The bin grid associated with the input seismic data. When provided, the module uses this grid to map the XY coordinates of output bins to inline/crossline indices in the input sorted headers, enabling correct spatial correlation between the output image positions and the input trace positions. Connect the bin grid that was used when the input seismic data was binned.
The bin grid associated with the VRMS velocity model. When provided, it is used to locate velocity traces by bin address during processing. Connect the bin grid that corresponds to the velocity model connected in the Vrms model input. If the velocity model uses the same geometry as the seismic data, this can be the same bin grid as the Input data BinGrid.
A parameter group that controls optional fold balancing during the azimuthal migration. When fold limitation is active, the module selects a subset of input traces per azimuth sector to enforce minimum and maximum fold constraints, preventing azimuth sectors with very unequal trace counts from dominating the result.
Enables fold-based trace selection during azimuthal migration. Default is off. When enabled, the Max Fold and Min Fold parameters become active and the module selects traces within each azimuth sector to stay within the specified fold range. Enable this when your survey has highly non-uniform azimuth coverage and you want to balance the contribution of each azimuth sector to the output image.
The maximum number of traces per azimuth sector that are allowed to contribute to each output bin. Default is 1,000,000 (effectively unlimited), minimum is 1. Active only when Use Fold Limitation is enabled. Reduce this value to cap the fold in over-sampled azimuth sectors, which can improve azimuth balance in surveys with uneven acquisition geometry.
The minimum number of traces per azimuth sector required for a bin to be included in the output. Default is 5, minimum is 1. Active only when Use Fold Limitation is enabled. Output bins with fewer than Min Fold traces in a given azimuth sector are excluded from the result for that sector, preventing poorly sampled azimuths from contributing unreliable data to the diffraction image.
The primary output of this module is the Storage file (.kdb) that was specified in the Input data section. This binary database stores the multi-azimuth Kirchhoff migration results — including semblance gathers, amplitude (field) gathers, and fold gathers — for every output bin. No seismic data connector is produced by this module; all results are written directly to the .kdb file and are accessed by the subsequent Imaging - Diffraction imaging 2D/3D module.

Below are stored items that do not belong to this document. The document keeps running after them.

//! Reads keys that are lists of words (systemd.exec(5), systemd.syntax(7)).
ghost use Rattle.std.specs.Prelude.{◌≡◌, ◌++◌, [], IfOk, OnOk, unwrap_or};
ghost use Rattle.std.specs.List.{cons_option};
ghost use Rattle.std.specs.Option.{option_map};
ghost use Rattle.dropin_merge.specs.unit_values.Lasting.{unread_notes};
ghost use Rattle.dropin_merge.specs.unit_values.Words.{split, words_behind, unit_words, unit_words_notes};

use crate::Resolved;
use crate::unit_values::keyed::assignments_of_key;
use crate::unit_values::lines::{Words, read_words};
use crate::unit_values::noting::note_value;
use crate::unit_values::reading::given_value;
use crate::unit_values::value::{FileNote, Said, Value};
use std::alloc::{AllocError, Global};
use unit_grammar::NoteCause;

// Returns the words after one more assignment. A value that cannot be split is noted and leaves the words.
fn next_words(
    alloc: Global,
    words: Words,
    value: Option<Value>,
    notes: &mut Vec<FileNote>,
) -> Result<Words, AllocError>
    ensures means { IfOk result (λ next. next ≡ unwrap_or (option_map (words_behind words) value) words) }
    ensures noted { OnOk result (notes.new.items ≡ notes.old.items ++ unread_notes split (cons_option value [])) }
{
    let Some(value) = value else {
        return Ok(words);
    };
    if value.text.as_str().is_empty() {
        return Ok(Words::empty(alloc));
    }
    match read_words(alloc, value.text.as_str())? {
        Some(more) => words.and(more),
        None => {
            note_value(notes, &value, NoteCause::Value)?;
            Ok(words)
        }
    }
}

/// Returns the words that the files of a unit give to such a key in the values after the last empty one. The notes list
/// values that cannot be expanded, and then values that cannot be split.
#[tactic(auto, unfolding(crate::specs::unit_values::Words::unit_words, crate::specs::unit_values::Words::unit_words_notes))]
pub fn words_of_key(alloc: Global, unit: &Resolved, key: &str) -> Result<Said<Words>, AllocError>
    ensures values_in_force { IfOk result (λ said. said.what ≡ unit_words unit.now key.now) }
    ensures notes_the_unread { IfOk result (λ said. said.notes.items ≡ unit_words_notes unit.now key.now) }
{
    let mut words = Words::empty(alloc);
    let mut notes = Vec::new(alloc);
    let mut unread = Vec::new(alloc);
    for (place, assignment) in assignments_of_key(unit, key) {
        let value = given_value(
            alloc,
            unit.systemd,
            &unit.name,
            key,
            place,
            assignment,
            &mut notes,
        )?;
        words = next_words(alloc, words, value, &mut unread)?;
    }
    let said = Said {
        what: words,
        notes: unread,
    };
    said.behind(notes)
}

Three map overlays are updated during processing to allow real-time monitoring of progress in the map view:
Calculated Points — bins that have been fully computed and written to the database.
Bins In Progress — bins currently being processed in the active computation chunk.

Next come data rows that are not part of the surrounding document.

//! Makes notes on values.
ghost use Rattle.std.specs.Prelude.{◌≡◌, ◌++◌, ◌∷◌, [], OnOk};
ghost use Rattle.dropin_merge.specs.unit_values.Notes.{note_at, notes_at};

use crate::unit_values::value::{FileNote, Value};
use std::alloc::AllocError;
use unit_grammar::NoteCause;

/// Appends a note on a value.
pub fn note_value(
    notes: &mut Vec<FileNote>,
    value: &Value,
    cause: NoteCause,
) -> Result<(), AllocError>
    ensures noted { OnOk result (notes.new.items ≡ notes.old.items ++ note_at value.now cause ∷ []) }
{
    notes.push(FileNote {
        place: value.place,
        cause,
    })?;
    Ok(())
}

/// Appends a note on a value for each of these causes.
pub fn note_causes(
    notes: &mut Vec<FileNote>,
    value: &Value,
    causes: &[NoteCause],
) -> Result<(), AllocError>
    ensures all_noted { OnOk result (notes.new.items ≡ notes.old.items ++ notes_at value.now causes.now) }
{
    for cause in causes {
        note_value(notes, value, *cause)?;
    }
    Ok(())
}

All Bin Points — the full set of output bins defined by the Output geometry, showing all bins that will be (or have been) processed.

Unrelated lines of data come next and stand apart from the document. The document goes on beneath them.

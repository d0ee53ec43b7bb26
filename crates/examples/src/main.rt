// Runs document 01's examples P1 to P11, with the logarithms 3, 2, 1, 2 throughout, and prints for
// each what the model answers and what 01 gives.
#![tactic(auto)]

ghost use Rattle.std.specs.Prelude.{◌≡◌, ℕ};
ghost use Rattle.context.specs.Init.{init_found_number};
ghost use Rattle.edges.specs.Edges.{edge_verdict_number};
ghost use Rattle.hcr.specs.Register.{read_answer_number};

use context::{CqNumber, InitError, Logs, MptNumber, QpNumber, Record};
use edges::{EdgeDenial, Move, State};
use example_text::{check, check_number, code_of, print_compared};
use hcr::{HcrCommand, ReadError};
use std::{fmt, io};

const LOGS: Logs = Logs {
    qps: 3,
    cqs: 2,
    eqs: 1,
    mpts: 2,
};

// Codes of service types, in word 00h of a queue pair's record. The edge decision takes any byte.
const RC: u8 = 0;

const UC: u8 = 1;

const UD: u8 = 3;

// An answer that document 01 gives a number.
trait Numbered {
    ghost numbered: { Self → ℕ };

    fn number(self) -> u64
        ensures { result ≡ numbered self };
}

impl Numbered for Result<Logs, InitError> {
    ghost numbered = { init_found_number };

    fn number(self) -> u64 {
        match self {
            Ok(_) => 0,
            Err(InitError::ShortMailbox) => 0x83,
            Err(InitError::OutOfRange) => 3,
        }
    }
}

impl Numbered for Result<HcrCommand, ReadError> {
    ghost numbered = { read_answer_number };

    fn number(self) -> u64 {
        match self {
            Ok(_) => 0,
            Err(ReadError::Short) => 0x83,
            Err(ReadError::Malformed) => 3,
        }
    }
}

impl Numbered for Result<(), EdgeDenial> {
    ghost numbered = { edge_verdict_number };

    fn number(self) -> u64 {
        match self {
            Ok(()) => 0,
            Err(EdgeDenial::NotPermitted) => 0x85,
            Err(EdgeDenial::NotForType) => 0x88,
        }
    }
}

// The fields of a command register that an example gives.
#[derive(Clone, Copy, PartialEq, Eq)]
struct Fields {
    op: u16,
    op_modifier: u8,
}

impl fmt::Display for Fields {
    fn fmt<W: fmt::Write>(&self, f: &mut fmt::Formatter<W>) -> fmt::Result {
        let op = self.op;
        let op_modifier = self.op_modifier;
        write!(f, "op 0x{op:x}, op_modifier {op_modifier}")
    }
}

// What INIT_HCA's mailbox gets with a store of this length.
fn init(store: usize) -> Result<Logs, InitError> {
    let mut mailbox = [0u8; 64];
    mailbox[0x0f] = 3;
    mailbox[0x17] = 2;
    mailbox[0x1f] = 1;
    mailbox[0x37] = 2;
    store_tables::read_init(&mailbox, store)
}

#[tactic(auto, unfolding(context::specs::Layout::ranges_hold))]
fn start_of(record: Record) -> Option<usize> {
    if !record_kinds::is_record(LOGS, record) {
        return None;
    }
    Some(store_tables::record_at(LOGS, record))
}

// The command register with this word 18h and zeros before it, read.
fn read_word(word: u32) -> Result<HcrCommand, ReadError> {
    let mut register = [0u8; 28];
    words::write_le32(&mut register, 0x18, word);
    hcr_reader::read(&register)
}

// What an engine write gets that leaves the state `to`.
fn engine_write(from: State, service: u8, to: State) -> Result<(), EdgeDenial> {
    edges::judge(Move::Engine(to), code_of(from), service)
}

fn check_answer(rt: &impl Print, label: &str, answer: impl Numbered, given: u64) -> io::Result<()> {
    check_number(rt, label, answer.number(), given)
}

fn check_start(rt: &impl Print, label: &str, record: Record, given: usize) -> io::Result<()> {
    let Some(at) = start_of(record) else {
        return println!(rt; "{label} is no record: WRONG");
    };
    print!(rt; "{label} starts at ")?;
    print_compared(rt, at, given)
}

fn check_fields(
    rt: &impl Print,
    label: &str,
    found: Result<HcrCommand, ReadError>,
    given: Fields,
) -> io::Result<()> {
    let Ok(
        HcrCommand {
            op,
            op_modifier,
            ..
        },
    ) = found
    else {
        return println!(rt; "{label}: no command: WRONG");
    };
    check(rt, label, Fields { op, op_modifier }, given)
}

fn store_examples(rt: &impl Print) -> io::Result<()> {
    check_answer(rt, "P1 a store of 2688 bytes", init(2688), 0)?;
    check_answer(rt, "P2 a store of 2687 bytes", init(2687), 3)?;
    check_start(rt, "P3 QP 5", Record::Qp(QpNumber(5)), 1280)?;
    check_start(rt, "P4 CQ 3", Record::Cq(CqNumber(3)), 2240)?;
    check_start(rt, "P5 MPT 3", Record::Mpt(MptNumber(3)), 2624)
}

fn register_examples(rt: &impl Print) -> io::Result<()> {
    check_fields(
        rt,
        "P6 word 18h 0x00800019",
        read_word(0x00800019),
        Fields {
            op: 0x19,
            op_modifier: 0,
        },
    )?;
    check_fields(
        rt,
        "P7 word 18h 0x0080301e",
        read_word(0x0080301e),
        Fields {
            op: 0x1e,
            op_modifier: 3,
        },
    )?;
    check_answer(rt, "P8 word 18h 0x00900019", read_word(0x00900019), 3)
}

// P9 names no type, so it is run with each.
fn engine_examples(rt: &impl Print) -> io::Result<()> {
    check_answer(
        rt,
        "P9 engine RTR to SQE, RC",
        engine_write(State::Rtr, RC, State::Sqe),
        0x85,
    )?;
    check_answer(
        rt,
        "P9 engine RTR to SQE, UC",
        engine_write(State::Rtr, UC, State::Sqe),
        0x85,
    )?;
    check_answer(
        rt,
        "P9 engine RTR to SQE, UD",
        engine_write(State::Rtr, UD, State::Sqe),
        0x85,
    )?;
    check_answer(
        rt,
        "P10 engine RTS to SQE, UD",
        engine_write(State::Rts, UD, State::Sqe),
        0,
    )?;
    check_answer(
        rt,
        "P11 engine RTS to SQE, RC",
        engine_write(State::Rts, RC, State::Sqe),
        0x88,
    )
}

fn main(rt: HostRuntime) -> io::Result<()> {
    store_examples(&rt)?;
    register_examples(&rt)?;
    engine_examples(&rt)
}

This module supports multi-threaded CPU execution, GPU-accelerated execution, and distributed (remote) computation. GPU mode can significantly accelerate the Kirchhoff migration summation, especially for large apertures and many azimuth sectors. Select the execution hardware in the Settings tab. When using distributed execution, computation is split across nodes by output bin chunks; each node processes an independent set of output bins and writes its results to the shared .kdb file.
An optional Matrix processing sub-procedure chain can be attached to apply additional signal conditioning (for example, noise attenuation or filtering) to each bulk of input traces before the migration summation is performed. If no sub-procedures are connected, this step is skipped automatically.